## TASK DETAILS
Wherever the string "lines" turns up in the data, copy the whole line.

_ _ _ _

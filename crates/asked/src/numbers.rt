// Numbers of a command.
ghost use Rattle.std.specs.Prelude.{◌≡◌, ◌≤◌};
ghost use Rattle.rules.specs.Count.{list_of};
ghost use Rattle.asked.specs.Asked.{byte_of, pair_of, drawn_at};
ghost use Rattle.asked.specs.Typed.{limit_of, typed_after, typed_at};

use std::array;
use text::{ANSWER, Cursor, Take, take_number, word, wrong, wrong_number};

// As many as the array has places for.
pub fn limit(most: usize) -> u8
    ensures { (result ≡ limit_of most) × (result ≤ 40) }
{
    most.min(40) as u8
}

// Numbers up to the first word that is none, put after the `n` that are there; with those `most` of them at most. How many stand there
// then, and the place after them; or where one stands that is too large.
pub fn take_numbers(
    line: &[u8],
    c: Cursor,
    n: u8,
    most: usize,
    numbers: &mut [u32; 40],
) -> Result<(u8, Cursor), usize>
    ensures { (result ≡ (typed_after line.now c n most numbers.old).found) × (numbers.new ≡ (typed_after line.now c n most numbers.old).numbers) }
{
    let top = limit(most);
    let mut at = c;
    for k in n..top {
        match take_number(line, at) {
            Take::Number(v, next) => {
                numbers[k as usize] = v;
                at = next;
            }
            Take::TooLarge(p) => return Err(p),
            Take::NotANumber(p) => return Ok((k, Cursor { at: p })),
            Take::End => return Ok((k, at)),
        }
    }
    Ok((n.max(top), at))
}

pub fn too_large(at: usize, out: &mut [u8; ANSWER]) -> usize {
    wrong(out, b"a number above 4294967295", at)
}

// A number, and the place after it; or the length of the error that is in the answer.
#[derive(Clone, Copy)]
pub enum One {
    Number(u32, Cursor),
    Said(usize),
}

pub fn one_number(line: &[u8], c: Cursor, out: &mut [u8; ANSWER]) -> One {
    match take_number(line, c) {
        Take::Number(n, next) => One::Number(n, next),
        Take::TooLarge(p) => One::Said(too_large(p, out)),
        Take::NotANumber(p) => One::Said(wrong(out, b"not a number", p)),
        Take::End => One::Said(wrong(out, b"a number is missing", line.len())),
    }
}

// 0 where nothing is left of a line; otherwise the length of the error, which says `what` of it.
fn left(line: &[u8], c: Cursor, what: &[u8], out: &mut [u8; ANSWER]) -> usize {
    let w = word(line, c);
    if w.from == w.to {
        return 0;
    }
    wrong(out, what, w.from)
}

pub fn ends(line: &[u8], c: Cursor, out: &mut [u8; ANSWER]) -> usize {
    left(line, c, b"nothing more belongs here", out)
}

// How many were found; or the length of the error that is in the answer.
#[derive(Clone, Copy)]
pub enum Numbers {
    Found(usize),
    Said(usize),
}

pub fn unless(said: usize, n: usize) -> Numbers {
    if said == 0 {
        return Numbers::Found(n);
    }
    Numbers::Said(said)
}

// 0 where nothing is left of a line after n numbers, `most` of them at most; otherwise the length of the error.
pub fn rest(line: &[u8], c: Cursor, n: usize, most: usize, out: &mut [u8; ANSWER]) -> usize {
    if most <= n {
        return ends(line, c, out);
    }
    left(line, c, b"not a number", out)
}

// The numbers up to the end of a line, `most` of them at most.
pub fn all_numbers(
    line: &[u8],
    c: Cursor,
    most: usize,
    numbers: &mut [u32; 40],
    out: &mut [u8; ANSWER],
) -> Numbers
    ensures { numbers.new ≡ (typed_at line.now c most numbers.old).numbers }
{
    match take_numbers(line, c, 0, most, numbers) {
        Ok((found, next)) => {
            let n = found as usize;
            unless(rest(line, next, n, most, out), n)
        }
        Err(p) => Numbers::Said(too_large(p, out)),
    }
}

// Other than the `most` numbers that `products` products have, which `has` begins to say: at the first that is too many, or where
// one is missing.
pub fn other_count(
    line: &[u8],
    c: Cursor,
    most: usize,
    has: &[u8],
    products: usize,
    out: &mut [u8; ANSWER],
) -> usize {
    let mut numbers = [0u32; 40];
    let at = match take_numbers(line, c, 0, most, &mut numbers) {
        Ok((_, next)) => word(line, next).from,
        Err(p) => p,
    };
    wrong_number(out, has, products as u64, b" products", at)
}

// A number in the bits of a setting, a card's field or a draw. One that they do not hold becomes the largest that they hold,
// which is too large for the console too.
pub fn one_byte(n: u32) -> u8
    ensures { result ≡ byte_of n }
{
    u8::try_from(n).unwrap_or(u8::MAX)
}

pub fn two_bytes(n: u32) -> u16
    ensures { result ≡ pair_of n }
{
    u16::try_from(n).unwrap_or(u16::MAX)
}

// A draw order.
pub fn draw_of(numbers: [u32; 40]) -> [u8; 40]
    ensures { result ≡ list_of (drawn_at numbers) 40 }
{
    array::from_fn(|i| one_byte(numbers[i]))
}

_ _ _ _

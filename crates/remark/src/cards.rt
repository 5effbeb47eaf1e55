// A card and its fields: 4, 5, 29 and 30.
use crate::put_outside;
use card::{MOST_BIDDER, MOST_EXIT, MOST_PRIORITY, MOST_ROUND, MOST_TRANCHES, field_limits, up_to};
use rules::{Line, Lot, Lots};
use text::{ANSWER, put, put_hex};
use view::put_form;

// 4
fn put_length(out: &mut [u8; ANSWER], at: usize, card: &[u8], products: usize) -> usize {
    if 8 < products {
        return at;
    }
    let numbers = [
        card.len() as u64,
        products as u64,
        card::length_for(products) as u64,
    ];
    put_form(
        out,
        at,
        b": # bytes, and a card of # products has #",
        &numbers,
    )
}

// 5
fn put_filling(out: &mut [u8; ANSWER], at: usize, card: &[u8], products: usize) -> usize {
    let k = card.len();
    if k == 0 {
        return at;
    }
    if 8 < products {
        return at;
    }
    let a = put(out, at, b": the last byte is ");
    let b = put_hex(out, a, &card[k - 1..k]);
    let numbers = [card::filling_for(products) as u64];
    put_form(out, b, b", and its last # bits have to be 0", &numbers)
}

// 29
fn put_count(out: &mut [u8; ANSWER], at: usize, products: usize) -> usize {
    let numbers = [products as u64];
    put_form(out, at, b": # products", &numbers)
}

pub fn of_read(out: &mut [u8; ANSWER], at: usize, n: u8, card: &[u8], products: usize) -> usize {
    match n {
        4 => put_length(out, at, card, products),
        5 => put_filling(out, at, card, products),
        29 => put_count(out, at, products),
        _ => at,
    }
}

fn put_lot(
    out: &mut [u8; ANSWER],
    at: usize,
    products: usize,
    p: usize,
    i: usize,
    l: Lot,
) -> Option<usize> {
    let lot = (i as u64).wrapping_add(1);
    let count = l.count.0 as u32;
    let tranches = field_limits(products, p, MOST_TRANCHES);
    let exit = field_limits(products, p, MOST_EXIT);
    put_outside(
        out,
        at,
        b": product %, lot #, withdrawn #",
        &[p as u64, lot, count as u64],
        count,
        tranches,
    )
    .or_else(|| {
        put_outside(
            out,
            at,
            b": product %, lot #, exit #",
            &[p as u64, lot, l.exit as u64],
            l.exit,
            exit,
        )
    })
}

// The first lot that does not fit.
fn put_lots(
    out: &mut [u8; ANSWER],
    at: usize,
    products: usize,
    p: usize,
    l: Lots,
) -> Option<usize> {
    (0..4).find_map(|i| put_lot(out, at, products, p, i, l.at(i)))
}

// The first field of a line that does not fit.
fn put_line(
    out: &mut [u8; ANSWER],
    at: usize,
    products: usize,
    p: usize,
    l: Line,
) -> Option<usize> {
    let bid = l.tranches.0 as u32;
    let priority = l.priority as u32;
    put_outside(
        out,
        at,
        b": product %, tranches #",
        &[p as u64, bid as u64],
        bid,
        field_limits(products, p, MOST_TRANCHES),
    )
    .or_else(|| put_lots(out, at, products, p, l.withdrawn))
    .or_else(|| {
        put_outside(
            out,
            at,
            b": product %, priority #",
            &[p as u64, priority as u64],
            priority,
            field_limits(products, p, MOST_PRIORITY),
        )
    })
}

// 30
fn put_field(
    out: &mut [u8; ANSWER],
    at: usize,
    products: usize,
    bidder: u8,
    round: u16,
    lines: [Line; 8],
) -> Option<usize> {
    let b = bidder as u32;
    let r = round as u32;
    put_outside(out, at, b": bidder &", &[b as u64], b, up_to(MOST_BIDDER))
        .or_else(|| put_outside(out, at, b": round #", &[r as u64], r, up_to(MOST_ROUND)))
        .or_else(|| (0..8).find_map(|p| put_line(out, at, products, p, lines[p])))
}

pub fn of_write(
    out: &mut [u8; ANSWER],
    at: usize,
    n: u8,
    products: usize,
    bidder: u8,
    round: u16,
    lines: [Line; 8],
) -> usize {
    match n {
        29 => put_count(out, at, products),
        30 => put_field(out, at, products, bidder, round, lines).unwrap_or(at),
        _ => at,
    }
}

_ _ _ _

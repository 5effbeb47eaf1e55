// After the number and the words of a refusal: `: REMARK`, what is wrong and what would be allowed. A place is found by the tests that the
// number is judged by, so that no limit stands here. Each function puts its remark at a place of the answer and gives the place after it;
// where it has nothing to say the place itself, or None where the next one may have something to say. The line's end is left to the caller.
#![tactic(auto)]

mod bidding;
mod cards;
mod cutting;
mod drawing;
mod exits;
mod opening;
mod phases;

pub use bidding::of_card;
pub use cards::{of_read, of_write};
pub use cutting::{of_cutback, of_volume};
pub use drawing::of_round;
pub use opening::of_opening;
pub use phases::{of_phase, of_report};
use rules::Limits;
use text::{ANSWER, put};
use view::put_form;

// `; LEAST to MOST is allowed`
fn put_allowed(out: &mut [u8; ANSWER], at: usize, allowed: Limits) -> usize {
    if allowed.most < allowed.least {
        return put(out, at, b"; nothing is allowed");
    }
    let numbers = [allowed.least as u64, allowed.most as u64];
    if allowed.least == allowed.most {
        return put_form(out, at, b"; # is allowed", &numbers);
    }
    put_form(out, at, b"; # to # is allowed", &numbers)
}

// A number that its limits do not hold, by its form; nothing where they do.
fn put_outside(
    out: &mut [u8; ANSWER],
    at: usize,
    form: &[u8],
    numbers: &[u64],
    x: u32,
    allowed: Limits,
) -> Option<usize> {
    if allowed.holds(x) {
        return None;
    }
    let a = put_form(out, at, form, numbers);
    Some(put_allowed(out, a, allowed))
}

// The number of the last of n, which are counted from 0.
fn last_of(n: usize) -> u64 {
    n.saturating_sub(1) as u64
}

_ _ _ _

## RESULT
    lines: [Line; 8],
        .or_else(|| (0..8).find_map(|p| put_line(out, at, products, p, lines[p])))
    lines: [Line; 8],
        30 => put_field(out, at, products, bidder, round, lines).unwrap_or(at),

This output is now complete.